Based the BBD response surface design principle and orthogonal test design, the effects of various factors on the 28 d UCS and flexural strength of the fiber-reinforced EGCGM were analyzed, respectively. The order of significance from largest to smallest was as follows: sodium hydroxide content > fiber length > fiber content. In the unconfined compressive strength test: when the NaOH content is 3%, the fiber length is 9 mm, and the fiber content is 5‰, the 28d unconfined compressive strength of the sample reaches the maximum (9.34 MPa).
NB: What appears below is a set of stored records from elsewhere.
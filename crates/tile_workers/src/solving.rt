ghost use Rattle.board_desk.specs.Passes.{IsPassOf};
ghost use Rattle.std.specs.Prelude.{◌≡◌, All, None};
ghost use Rattle.tile_board.specs.Calls.{WasGoodAt};
ghost use Rattle.tile_workers.specs.Scripts.{HasClaimed, HasSeenMore};

use crate::gate::Gate;
use board_desk::{Desk, Pass};
use certificates::TileResult;
use std::alloc::{AllocError, Global};
use std::sync::Wait;
use tile_board::{ClaimFault, Ticket};
use tile_solver::solve_tile;

/// The most tiles that a worker claims at once.
const MOST_AT_ONCE: u32 = 64;

/// Into how many parts for each worker the tiles that lack a result are divided. A worker claims one part at once, so the
/// shares shrink towards the end, and no worker is left with many tiles while the others have none.
const PARTS_A_WORKER: u32 = 2;

/// A worker of a settle command.
#[derive(Drop)]
pub(crate) struct Worker {
    /// From 1.
    pub(crate) number: u32,
    /// How many workers there are.
    pub(crate) count: u32,
    pub(crate) pass: Pass,
    /// Whether it ran out of memory.
    pub(crate) starved: bool,
    pub(crate) ghost unnamed: { pass.analyst ≡ None },
}

impl Worker {
    /// Solves tiles until every tile has a kept result, or there is no memory.
    pub(crate) fn work<R: Wait, G: Gate>(&mut self, rt: &R, alloc: Global, desk: &Desk, gate: &G)
        requires { IsPassOf desk.now self.old.pass }
        ensures { HasSeenMore self.old.pass self.new.pass }
    {
        let parts = self.count.saturating_mul(PARTS_A_WORKER);
        let solved = solve_all(rt, alloc, desk, &mut self.pass, self.number, parts, gate);
        self.starved = solved.is_err();
    }
}

/// Solves tiles until every tile has a kept result.
fn solve_all<R: Wait, G: Gate>(
    rt: &R,
    alloc: Global,
    desk: &Desk,
    pass: &mut Pass,
    number: u32,
    parts: u32,
    gate: &G,
) -> Result<(), AllocError>
    requires { IsPassOf desk.now pass.old }
    ensures { HasSeenMore pass.old pass.new }
{
    for _ in rt.forever() {
        match desk
            .claim_share(rt, alloc, pass, parts, MOST_AT_ONCE)
            .answer
        {
            Ok(tickets) => solve_share(rt, alloc, desk, pass, number, gate, &tickets)?,
            Err(ClaimFault::NoJob) => return Ok(()),
            Err(ClaimFault::Memory) => return Err(AllocError),
        }
    }
    unreachable!()
}

/// Solves the tiles of tickets, and hands all results in at once. If there is no memory to solve one, those before it are
/// handed in all the same. A result may come too late: the tile's mask has changed, or another worker was faster.
fn solve_share<R: Wait, G: Gate>(
    rt: &R,
    alloc: Global,
    desk: &Desk,
    pass: &mut Pass,
    number: u32,
    gate: &G,
    tickets: &[Ticket],
) -> Result<(), AllocError>
    requires pass { IsPassOf desk.now pass.old }
    requires claimed { All (HasClaimed desk.now.session pass.old) tickets.now }
    ensures { HasSeenMore pass.old pass.new }
{
    let mut results = Vec::new(alloc);
    let solved = solve_each(alloc, desk, pass, number, gate, tickets, &mut results);
    let kept = desk.keep_all(rt, alloc, pass, results).answer;
    solved?;
    kept
}

/// Solves the tiles of tickets one after another, holding no lock, until there is no memory. Each result is good at the point
/// of the history at which the tiles were claimed.
fn solve_each<G: Gate>(
    alloc: Global,
    desk: &Desk,
    pass: &Pass,
    number: u32,
    gate: &G,
    tickets: &[Ticket],
    results: &mut Vec<TileResult>,
) -> Result<(), AllocError>
    requires claimed { All (HasClaimed desk.now.session pass.now) tickets.now }
    requires good { All (WasGoodAt desk.now.session pass.now.seen) results.old.items }
    ensures { All (WasGoodAt desk.now.session pass.now.seen) results.new.items }
{
    for ticket in tickets {
        gate.enter(number);
        let scene = &ticket.session.scene;
        let solved = solve_tile(alloc, scene, ticket.tile, ticket.stamp, &ticket.unmasked)?;
        results.push(solved)?;
    }
    Ok(())
}
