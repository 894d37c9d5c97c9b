ghost use Rattle.board_desk.specs.Passes.{HaveAnalysts, IsLaterPass, IsPassOf};
ghost use Rattle.std.specs.Prelude.{◌≡◌, ◌<◌, All, OnOk};
ghost use Rattle.std.specs.Thread.{IsSync};
ghost use Rattle.tile_workers.specs.Scripts.{AreEnded, AreLater};
ghost use Rattle.tile_workers.specs.Watching.{Became, HasCurated, HasPlaced, HasRoom, HasWatched, HaveWatched};

use crate::curator::Curator;
use crate::gate::Gate;
use crate::scripts::run_scripts;
use crate::watcher::Watcher;
use board_desk::{Desk, Pass};
use std::alloc::{AllocError, Global};
use std::sync::Wait;
use std::thread;
use std::thread::Threads;

/// Runs the scripts of the passes' analysts to their ends, as `run_scripts` does. Beside them a curator asks the desk for its
/// newest surface so many times and places it on a shelf, and each watcher reads from its shelf, in a thread of its own, as
/// many times as it was made for. Watchers take no lock and wait for nobody. It fails only for lack of memory; if one of these
/// runs out of memory, the others still go on.
pub fn run_watched<R: Threads + Wait + Sync, G: Gate>(
    rt: &R,
    alloc: Global,
    desk: &Desk,
    passes: &mut [Pass],
    workers: u32,
    gate: &G,
    curator: &mut Curator,
    watchers: &mut [Watcher],
    reads: u32,
) -> Result<(), AllocError>
    requires passes { All (IsPassOf desk.now) passes.old }
    requires analysts { HaveAnalysts passes.old }
    requires curator { IsPassOf desk.now curator.old.pass }
    requires rooms { All HasRoom watchers.old }
    ensures later { AreLater passes.old passes.new }
    ensures ended { OnOk result (AreEnded passes.new) }
    ensures curated { HasCurated curator.old curator.new }
    ensures placed { OnOk result (0 < reads → HasPlaced curator.new) }
    ensures watched { HaveWatched watchers.old watchers.new }
{
    let (ran, curated) = thread::join_mut(
        rt,
        &mut || -> Result<(), AllocError>
            requires { IsSync R.row × All (IsPassOf desk.now) passes.now × HaveAnalysts passes.now }
            ensures { Became IsLaterPass passes.entry.now passes.exit.now × OnOk result (AreEnded passes.exit.now) }
        { run_scripts(rt, alloc, desk, passes, workers, gate) },
        &mut || -> Result<(), AllocError>
            requires { IsSync R.row × IsPassOf desk.now curator.now.pass × All HasRoom watchers.now }
            ensures { HasCurated curator.entry.now curator.exit.now × OnOk result (0 < reads → HasPlaced curator.exit.now) × Became HasWatched watchers.entry.now watchers.exit.now }
        { curate_beside(rt, desk, curator, reads, watchers) },
    );
    ran?;
    curated
}

/// Has a curator ask the desk so many times, while watchers read.
fn curate_beside<R: Threads + Wait + Sync>(
    rt: &R,
    desk: &Desk,
    curator: &mut Curator,
    reads: u32,
    watchers: &mut [Watcher],
) -> Result<(), AllocError>
    requires curator { IsPassOf desk.now curator.old.pass }
    requires rooms { All HasRoom watchers.old }
    ensures curated { HasCurated curator.old curator.new }
    ensures placed { OnOk result (0 < reads → HasPlaced curator.new) }
    ensures watched { Became HasWatched watchers.old watchers.new }
{
    let (_watched, curated) = thread::join_mut(
        rt,
        &mut ||
            requires { IsSync R.row × All HasRoom watchers.now }
            ensures { Became HasWatched watchers.entry.now watchers.exit.now }
        { watch_all(rt, watchers) },
        &mut || curator.curate(rt, desk, reads),
    );
    curated
}

/// Has each watcher read, in a thread of its own.
fn watch_all<R: Threads + Sync>(rt: &R, watchers: &mut [Watcher])
    requires { All HasRoom watchers.old }
    ensures { Became HasWatched watchers.old watchers.new }
{
    let threads = watchers.len().max(1);
    thread::for_each_mut(
        rt,
        watchers,
        threads,
        &|_, watcher: &mut Watcher|
            requires { HasRoom watcher.old }
            ensures { HasWatched watcher.entry.now watcher.exit.now }
        {
            watcher.watch();
        },
    );
}
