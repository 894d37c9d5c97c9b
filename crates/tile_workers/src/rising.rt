//! Lists of revisions that rise.
ghost use Rattle.std.specs.Prelude.{◌≡◌, ◌+◌, ◌<◌, ◌≤◌, ◌↔◌, IsTrue, Some, vec_capacity, vec_len};
ghost use Rattle.tile_workers.specs.Watching.{IsAbove, KeepsAbove, KeepsToo, Rises};

/// Whether a revision is above another, or there is no other.
pub(crate) fn is_above(revision: u32, last: Option<u32>) -> bool
    ensures { IsTrue result ↔ IsAbove revision last }
{
    match last {
        Some(number) => revision > number,
        None => true,
    }
}

/// Keeps a revision, if it is above the last one of the list. There has to be room for it.
pub(crate) fn keep_above(kept: &mut Vec<u32>, revision: u32)
    requires rises { Rises kept.old.items }
    requires room { vec_len kept.old < vec_capacity kept.old }
    ensures rises { Rises kept.new.items }
    ensures kept { KeepsAbove kept.old.items kept.new.items revision }
    ensures room { (vec_capacity kept.old ≤ vec_capacity kept.new) × (vec_len kept.new ≤ vec_len kept.old + 1) }
{
    if is_above(revision, kept.last().copied()) {
        let _pushed = kept.push(revision);
    }
}

/// Takes a revision in at its place in order, if the list lacks it. There has to be room for it.
pub(crate) fn take_in(kept: &mut Vec<u32>, revision: u32)
    requires rises { Rises kept.old.items }
    requires room { vec_len kept.old < vec_capacity kept.old }
    ensures rises { Rises kept.new.items }
    ensures kept { KeepsToo kept.old.items kept.new.items (Some revision) }
{
    if let Err(place) = kept.binary_search(&revision) {
        let _inserted = kept.insert(place, revision);
    }
}
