ghost use Rattle.reader_desk.specs.Fronts.{Learned, ShelfView};
ghost use Rattle.std.specs.Prelude.{◌≡◌, ◌<◌, ◌≤◌, [], IfOk};
ghost use Rattle.tile_workers.specs.Watching.{AreShown, HasFinished, HasRead, HasRoom, HasWatched, Rises, watcher_view};

use crate::rising::{keep_above, take_in};
use reader_desk::{Note, ShelfReader};
use std::alloc::{AllocError, Global};
use std::marker::Model;

/// Reads from a shelf, and keeps the revisions that it saw.
#[derive(Drop)]
pub struct Watcher {
    reader: ShelfReader,
    revisions: Vec<u32>,
    reads: u32,
    /// Unused. Watchers stand side by side in a list, and each is written by a thread of its own at every read. With so many
    /// bytes between them no two share a line of a cache.
    _apart: [u64; 16],
}

impl Model for Watcher {
    ghost use Rattle.std.specs.Prelude.{◌-◌, vec_capacity, vec_len};
    ghost use Rattle.tile_workers.specs.Watching.{AreShown, Rises, WatcherView, watcher_view};

    ghost Value = { WatcherView };

    ghost view = { λ w. watcher_view w.reader w.revisions.items w.reads (vec_capacity w.revisions - vec_len w.revisions) };

    ghost invariant = { λ w. Rises w.revisions.items × AreShown w.reader.surfaces w.revisions.items };
}

impl Watcher {
    /// A watcher that reads so many times, and has room for as many revisions and one more. It fails only for lack of memory.
    pub fn new(alloc: Global, reader: ShelfReader, reads: u32) -> Result<Watcher, AllocError>
        ensures made { IfOk result (λ made. (made.reader ≡ reader) × (made.revisions ≡ []) × (made.reads ≡ reads)) }
        ensures room { IfOk result HasRoom }
    {
        let revisions = Vec::with_capacity(alloc, reads as usize + 1)?;
        Ok(Watcher {
            reader,
            revisions,
            reads,
            _apart: [0; 16],
        })
    }

    /// The revisions that it kept. Each is above those before it, and that of the last surface which its reader knew at some
    /// time.
    pub fn revisions(&self) -> &[u32]
        ensures value { result.now ≡ self.now.revisions }
        ensures rises { Rises self.now.revisions }
        ensures shown { AreShown self.now.reader.surfaces self.now.revisions }
    {
        &self.revisions
    }

    /// Takes in what the shelf's writer told last. If the note has a last revision that the list lacks, it is added at its
    /// place in order, for which one place has to be left; then the reader learns the note. It needs no memory, and waits for
    /// nobody.
    pub fn finish(&mut self, note: Note)
        requires place { 1 ≤ self.old.room }
        requires shelf { note.shelf ≡ self.old.reader.shelf }
        ensures { HasFinished self.old self.new note }
    {
        if let Some(revision) = note.revision() {
            take_in(&mut self.revisions, revision);
        }
        self.reader.learn(note);
    }

    /// Reads until no read is left, and keeps each revision that is above the last one that it kept.
    pub(crate) fn watch(&mut self)
        requires { HasRoom self.old }
        ensures { HasWatched self.old self.new }
    {
        while 0 < self.reads {
            self.read();
        }
    }

    /// Reads once, and keeps the revision that it then knows, if it is above the last one that it kept.
    fn read(&mut self)
        requires left { 0 < self.old.reads }
        requires room { HasRoom self.old }
        ensures { HasRead self.old self.new }
    {
        self.reads -= 1;
        self.reader.look();
        if let Some(revision) = self.reader.known_revision() {
            keep_above(&mut self.revisions, revision);
        }
    }
}
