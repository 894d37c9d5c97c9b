/// An answer of the desk, and the point of the history at which it was given.
#[derive(Drop)]
pub struct Stamped<T> {
    /// The length of the history after the call that was answered.
    pub front: u64,
    pub answer: T,
}
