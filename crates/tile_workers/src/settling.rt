ghost use Rattle.board_desk.specs.Answers.{IsCurrent};
ghost use Rattle.board_desk.specs.Passes.{HasNotMoved, IsAtSettle, IsLaterPass, IsPassOf};
ghost use Rattle.std.specs.Arc.{arc_value};
ghost use Rattle.std.specs.Prelude.{◌≡◌, ◌≢◌, All, IfOk, IfSome, None, OnErr, OnSome};
ghost use Rattle.std.specs.Thread.{IsSync};
ghost use Rattle.surface_snapshots.specs.Views.{parts_of};
ghost use Rattle.tile_board.specs.Histories.{IsLegal, now_of};
ghost use Rattle.tile_workers.specs.Found.{AreFoundOf};
ghost use Rattle.tile_workers.specs.Scripts.{AgreeIfCurrent, HadRegions, HasGathered, HasPublished, HasSeenMore, HasSettled, IsSurfaceOfGathered};

use crate::curator::newest;
use crate::early::{EarlyRegions, FoundRegions};
use crate::gate::Gate;
use crate::solving::Worker;
use board_desk::{Desk, Pass};
use collector_core::collect_over;
use side_by_side::for_each;
use std::alloc::{AllocError, Global};
use std::sync::Wait;
use std::thread;
use std::thread::Threads;
use surface_snapshots::Snapshot;
use tile_board::{Advance, AdvanceFault, GatherFault, Gathered, PresentMask, PublishFault};

/// Does the next command of a pass's analyst, which is to settle, and returns the revision that is published. Workers solve
/// the tiles, each in a thread of its own; if `workers` is 0, one does. It fails only for lack of memory, and then some of
/// the tiles may be solved.
pub fn settle<R: Threads + Wait + Sync, G: Gate>(
    rt: &R,
    alloc: Global,
    desk: &Desk,
    pass: &mut Pass,
    workers: u32,
    gate: &G,
) -> Result<u32, AllocError>
    requires pass { IsPassOf desk.now pass.old }
    requires next { IsAtSettle desk.now.session pass.old }
    ensures later { IsLaterPass pass.old pass.new }
    ensures settled { IfOk result (HasSettled pass.old pass.new) }
    ensures fresh { IfOk result (IsCurrent pass.old pass.new) }
    ensures unsettled { OnErr result (HasNotMoved pass.old pass.new) }
    ensures ended { pass.new.ended ≡ pass.old.ended }
{
    for _ in rt.forever() {
        match desk.advance(rt, alloc, pass).answer {
            Ok(Advance::NotYet(_)) => {}
            Ok(Advance::Settled(revision)) => return Ok(revision),
            Ok(Advance::Revised(_) | Advance::Shown(_) | Advance::Ended) => unreachable!(),
            Err(AdvanceFault::Memory) => return Err(AllocError),
        }
        if let Some(revision) = try_settle(rt, alloc, desk, pass, workers, gate)? {
            return Ok(revision);
        }
    }
    unreachable!()
}

/// Has workers solve the tiles, publishes the present revision and returns it. Returns None if nothing was published, as the
/// mask has changed meanwhile, or another analyst was faster. It fails only for lack of memory.
pub(crate) fn try_settle<R: Threads + Wait + Sync, G: Gate>(
    rt: &R,
    alloc: Global,
    desk: &Desk,
    pass: &mut Pass,
    workers: u32,
    gate: &G,
) -> Result<Option<u32>, AllocError>
    requires pass { IsPassOf desk.now pass.old }
    requires next { IsAtSettle desk.now.session pass.old }
    ensures later { IsLaterPass pass.old pass.new }
    ensures published { IfOk result (HasPublished pass.old pass.new) }
    ensures present { IfOk result (λ answer. IfSome answer (λ revision. revision ≡ now_of pass.new.seen)) }
    ensures legal { IfOk result (λ answer. OnSome answer (IsLegal desk.now.session pass.new.seen)) }
    ensures unpublished { OnErr result (HasNotMoved pass.old pass.new) }
    ensures ended { pass.new.ended ≡ pass.old.ended }
{
    let early = solve_beside(rt, alloc, desk, pass, workers, gate)?;
    publish(rt, alloc, desk, pass, workers, early)
}

/// Has workers solve the tiles. If there are several of them, one more thread finds the regions of the present mask meanwhile.
fn solve_beside<R: Threads + Wait + Sync, G: Gate>(
    rt: &R,
    alloc: Global,
    desk: &Desk,
    pass: &mut Pass,
    workers: u32,
    gate: &G,
) -> Result<Option<EarlyRegions>, AllocError>
    requires { IsPassOf desk.now pass.old }
    ensures more { HasSeenMore pass.old pass.new }
    ensures early { IfOk result (λ found. IfSome found (HadRegions desk.now.session pass.new)) }
{
    if workers < 2 {
        solve_tiles(rt, alloc, desk, pass, workers, gate)?;
        return Ok(None);
    }
    let present = desk.present_mask(rt, alloc, pass).answer?;
    let (found, solved) = solve_over(rt, alloc, desk, pass, workers, gate, &present);
    solved?;
    Ok(Some(EarlyRegions {
        found: found?,
        present,
    }))
}

/// Has workers solve the tiles, and one more thread find the regions of a mask.
fn solve_over<R: Threads + Wait + Sync, G: Gate>(
    rt: &R,
    alloc: Global,
    desk: &Desk,
    pass: &mut Pass,
    workers: u32,
    gate: &G,
    present: &PresentMask,
) -> (Result<FoundRegions, AllocError>, Result<(), AllocError>)
    requires { IsPassOf desk.now pass.old }
    ensures more { HasSeenMore pass.old pass.new }
    ensures regions { IfOk result.0 (AreFoundOf (arc_value present.now.session).scene.tiling present.now.mask) }
{
    thread::join_mut(
        rt,
        &mut || -> Result<FoundRegions, AllocError>
            ensures { IfOk result (AreFoundOf (arc_value present.entry.now.session).scene.tiling present.entry.now.mask) }
        { FoundRegions::of(alloc, &present.session.scene.tiling, &present.mask) },
        &mut || -> Result<(), AllocError>
            requires { IsSync R.row × IsPassOf desk.now pass.now }
            ensures { HasSeenMore pass.entry.now pass.exit.now }
        { solve_tiles(rt, alloc, desk, pass, workers, gate) },
    )
}

/// Has workers solve the tiles.
fn solve_tiles<R: Threads + Wait + Sync, G: Gate>(
    rt: &R,
    alloc: Global,
    desk: &Desk,
    pass: &mut Pass,
    workers: u32,
    gate: &G,
) -> Result<(), AllocError>
    requires { IsPassOf desk.now pass.old }
    ensures { HasSeenMore pass.old pass.new }
{
    let mut workers = hire(rt, alloc, desk, pass, workers)?;
    for_each(
        rt,
        &|_, worker: &mut Worker|
            requires { IsPassOf desk.now worker.old.pass }
            ensures { HasSeenMore worker.entry.now.pass worker.exit.now.pass }
        {
            worker.work(rt, alloc, desk, gate);
        },
        &mut workers,
    );
    dismiss(rt, desk, pass, workers)
}

/// Workers that have seen what a pass has: as many as `count` says, but at least one.
fn hire<R: Wait>(
    rt: &R,
    alloc: Global,
    desk: &Desk,
    pass: &mut Pass,
    count: u32,
) -> Result<Vec<Worker>, AllocError>
    requires { IsPassOf desk.now pass.old }
    ensures same { pass.new ≡ pass.old }
    ensures own { IfOk result (λ workers. All (λ worker. IsPassOf desk.now worker.pass) workers.items) }
{
    let count = count.max(1);
    let mut workers = Vec::with_capacity(alloc, count as usize)?;
    for before in 0..count {
        workers.push(Worker {
            number: before + 1,
            count,
            pass: desk.worker_pass(rt, pass),
            starved: false,
        })?;
    }
    Ok(workers)
}

/// Takes the workers' passes back. It is refused if one of them ran out of memory.
fn dismiss<R: Wait>(
    rt: &R,
    desk: &Desk,
    pass: &mut Pass,
    mut workers: Vec<Worker>,
) -> Result<(), AllocError>
    requires pass { IsPassOf desk.now pass.old }
    requires own { All (λ worker. IsPassOf desk.now worker.pass) workers.items }
    ensures { HasSeenMore pass.old pass.new }
{
    let mut starved = false;
    while let Some(worker) = workers.pop() {
        starved = starved || worker.starved;
        desk.give_back(rt, pass, worker.pass);
    }
    if starved { Err(AllocError) } else { Ok(()) }
}

/// Publishes the present revision, whose surface at most `threads` threads make, and answers it; None if that was not to be
/// done, as the mask has changed meanwhile, or another analyst was faster. The surface is made while no lock is held.
fn publish<R: Threads + Wait + Sync>(
    rt: &R,
    alloc: Global,
    desk: &Desk,
    pass: &mut Pass,
    threads: u32,
    early: Option<EarlyRegions>,
) -> Result<Option<u32>, AllocError>
    requires pass { IsPassOf desk.now pass.old }
    requires next { IsAtSettle desk.now.session pass.old }
    requires early { IfSome early (HadRegions desk.now.session pass.old) }
    ensures later { IsLaterPass pass.old pass.new }
    ensures published { IfOk result (HasPublished pass.old pass.new) }
    ensures present { IfOk result (λ answer. IfSome answer (λ revision. revision ≡ now_of pass.new.seen)) }
    ensures legal { IfOk result (λ answer. OnSome answer (IsLegal desk.now.session pass.new.seen)) }
    ensures unpublished { OnErr result (HasNotMoved pass.old pass.new) }
    ensures ended { pass.new.ended ≡ pass.old.ended }
{
    let earlier = newest(rt, desk, pass)?;
    let Some(gathered) = gather(rt, alloc, desk, pass)? else {
        return Ok(None);
    };
    let revision = gathered.revision;
    if is_of(&earlier, revision) {
        return Ok(None);
    }
    let surface = surface_of(rt, alloc, threads, earlier, gathered, early)?;
    match desk.publish_made(rt, pass, surface).answer {
        Ok(()) => Ok(Some(revision)),
        Err(PublishFault::Memory) => Err(AllocError),
        Err(PublishFault::NotSettle) => unreachable!(),
        Err(
            PublishFault::Stale(_)
            | PublishFault::Double(_)
            | PublishFault::Unready(_)
            | PublishFault::Uncertified(_),
        ) => Ok(None),
    }
}

/// Whether there is a surface, and it is of this revision.
fn is_of(surface: &Option<Snapshot>, revision: u32) -> bool {
    match surface {
        Some(surface) => surface.revision() == revision,
        None => false,
    }
}

/// The surface of what was gathered, beside an earlier one, which at most `threads` threads make.
fn surface_of<R: Threads + Sync>(
    rt: &R,
    alloc: Global,
    threads: u32,
    earlier: Option<Snapshot>,
    gathered: Gathered,
    early: Option<EarlyRegions>,
) -> Result<Snapshot, AllocError>
    requires { IfSome early (λ e. AgreeIfCurrent e gathered) }
    ensures { IfOk result (λ made. IsSurfaceOfGathered gathered (parts_of made)) }
{
    let found = regions_for(alloc, &gathered, early)?;
    let seams = collect_over(rt, threads, alloc, &gathered, found.regions(), found.plan())?;
    let packed = found.packed(alloc, &gathered.session.scene.tiling)?;
    Snapshot::build_certified(
        rt,
        threads,
        alloc,
        earlier.as_ref(),
        gathered.session,
        gathered.mask,
        packed,
        gathered.tiles,
        seams,
    )
}

/// The regions of the gathered mask: those that were found before, if they are of the same revision.
fn regions_for(
    alloc: Global,
    gathered: &Gathered,
    early: Option<EarlyRegions>,
) -> Result<FoundRegions, AllocError>
    requires { IfSome early (λ e. AgreeIfCurrent e gathered.now) }
    ensures { IfOk result (AreFoundOf (arc_value gathered.now.session).scene.tiling gathered.now.mask) }
{
    if let Some(early) = early {
        if early.present.revision == gathered.revision {
            // Their contracts say what every mask keeps.
            let _width = early.present.mask.width();
            let _width = gathered.mask.width();
            return Ok(early.found);
        }
    }
    FoundRegions::of(alloc, &gathered.session.scene.tiling, &gathered.mask)
}

/// The present revision's mask and results, as they are at the end of what the pass has then seen; None if a tile has no
/// result.
fn gather<R: Wait>(
    rt: &R,
    alloc: Global,
    desk: &Desk,
    pass: &mut Pass,
) -> Result<Option<Gathered>, AllocError>
    requires { IsPassOf desk.now pass.old }
    ensures more { HasSeenMore pass.old pass.new }
    ensures gathered { IfOk result (λ answer. IfSome answer (HasGathered desk.now.session pass.new)) }
{
    match desk.gather(rt, alloc, pass).answer {
        Ok(gathered) => Ok(Some(gathered)),
        Err(GatherFault::Unready(_)) => Ok(None),
        Err(GatherFault::Memory) => Err(AllocError),
    }
}
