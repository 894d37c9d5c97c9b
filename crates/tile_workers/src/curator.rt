ghost use Rattle.board_desk.specs.Passes.{IsPassOf};
ghost use Rattle.reader_desk.specs.Fronts.{HasAllOf};
ghost use Rattle.std.specs.Prelude.{◌≡◌, ◌<◌, IfOk, OnOk};
ghost use Rattle.surface_snapshots.specs.Views.{parts_of};
ghost use Rattle.tile_board.specs.Surfaces.{IsNewestIn};
ghost use Rattle.tile_workers.specs.Scripts.{HasSeenMore};
ghost use Rattle.tile_workers.specs.Watching.{HasCurated, HasPlaced, PlacesAbove, curator_view};

use crate::rising::is_above;
use board_desk::{Desk, Pass};
use reader_desk::ShelfWriter;
use std::alloc::AllocError;
use std::marker::Model;
use std::sync::Wait;
use std::thread::yield_now;
use surface_snapshots::Snapshot;

/// Asks a desk for its newest surface, with a worker's pass, and places it on a shelf. It is not `Drop`: end it by
/// `into_parts`.
pub struct Curator {
    pass: Pass,
    writer: ShelfWriter,
}

impl Model for Curator {
    ghost use Rattle.tile_workers.specs.Watching.{CuratorView, curator_view};

    ghost Value = { CuratorView };

    ghost view = { λ c. curator_view c.pass c.writer };
}

impl Curator {
    /// A curator with a worker's pass and the writer of a shelf.
    pub fn new(pass: Pass, writer: ShelfWriter) -> Curator
        ensures { result ≡ curator_view pass writer }
    {
        Curator { pass, writer }
    }

    /// The pass and the writer.
    pub fn into_parts(self) -> (Pass, ShelfWriter)
        ensures { curator_view result.0 result.1 ≡ self }
    {
        let Curator { pass, writer } = self;
        (pass, writer)
    }

    /// Asks so many times for the newest surface, and places each whose revision is above the last one that was placed. It
    /// lets other threads go first between two questions. It fails only for lack of memory.
    pub(crate) fn curate<R: Wait>(
        &mut self,
        rt: &R,
        desk: &Desk,
        reads: u32,
    ) -> Result<(), AllocError>
        requires { IsPassOf desk.now self.old.pass }
        ensures curated { HasCurated self.old self.new }
        ensures placed { OnOk result (0 < reads → HasPlaced self.new) }
    {
        for _read in 0..reads {
            self.look(rt, desk)?;
            yield_now();
        }
        Ok(())
    }

    /// Asks once.
    fn look<R: Wait>(&mut self, rt: &R, desk: &Desk) -> Result<(), AllocError>
        requires { IsPassOf desk.now self.old.pass }
        ensures curated { HasCurated self.old self.new }
        ensures placed { OnOk result (HasPlaced self.new) }
    {
        match newest(rt, desk, &mut self.pass)? {
            Some(surface) => place(rt, &mut self.writer, surface),
            None => Ok(()),
        }
    }
}

/// The newest surface of a desk.
pub(crate) fn newest<R: Wait>(
    rt: &R,
    desk: &Desk,
    pass: &mut Pass,
) -> Result<Option<Snapshot>, AllocError>
    requires { IsPassOf desk.now pass.old }
    ensures more { HasSeenMore pass.old pass.new }
    ensures newest { IfOk result (IsNewestIn desk.now.session pass.new.seen) }
{
    desk.newest(rt, pass).answer
}

/// Places a surface whose revision is above the last one that was placed.
fn place<R: Wait>(rt: &R, writer: &mut ShelfWriter, surface: Snapshot) -> Result<(), AllocError>
    ensures all { HasAllOf writer.old writer.new }
    ensures placed { OnOk result (PlacesAbove writer.old writer.new (parts_of surface)) }
{
    if is_above(surface.revision(), writer.last_placed()) {
        writer.place(rt, surface)?;
    }
    Ok(())
}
In the three-point bending test, the local optimal combination of the test: the sodium hydroxide content is 3%, the fiber length is 9 mm, and the fiber content is 5‰.

(2)

With the help of microscopic scanning technology, it was found that the amorphous eco-gel coagulation products formed by the reaction of slag and fly ash in an alkaline environment were filled between the coal gangue particles and fibers, and several polymerization products accumulated to form a honeycomb network topology. When resisting external forces, the structure could be dispersed to bear external forces from all directions, with good structural stability and uniform buffer strength.

(3)

The distribution pattern of fibers in the ecological cementitious matrix could be divided into single embedded and reticular occurrences. When crack initiation and development connection occurred in the matrix, the fiber produced a crack resistance effect by inhibiting the matrix, and by bridging during the failure process, the brittleness of the ecological cementitious coal gangue matrix was enhanced, which promoted its ductility.

In this study, polypropylene fiber was uniformly mixed into the ecological cementitious coal gangue material, and the influence of different factors on the unconfined compressive strength and flexural strength of the sample was explored. Based on SEM, EDS, and XRD, the interface mechanism of composite materials was analyzed from the micro level.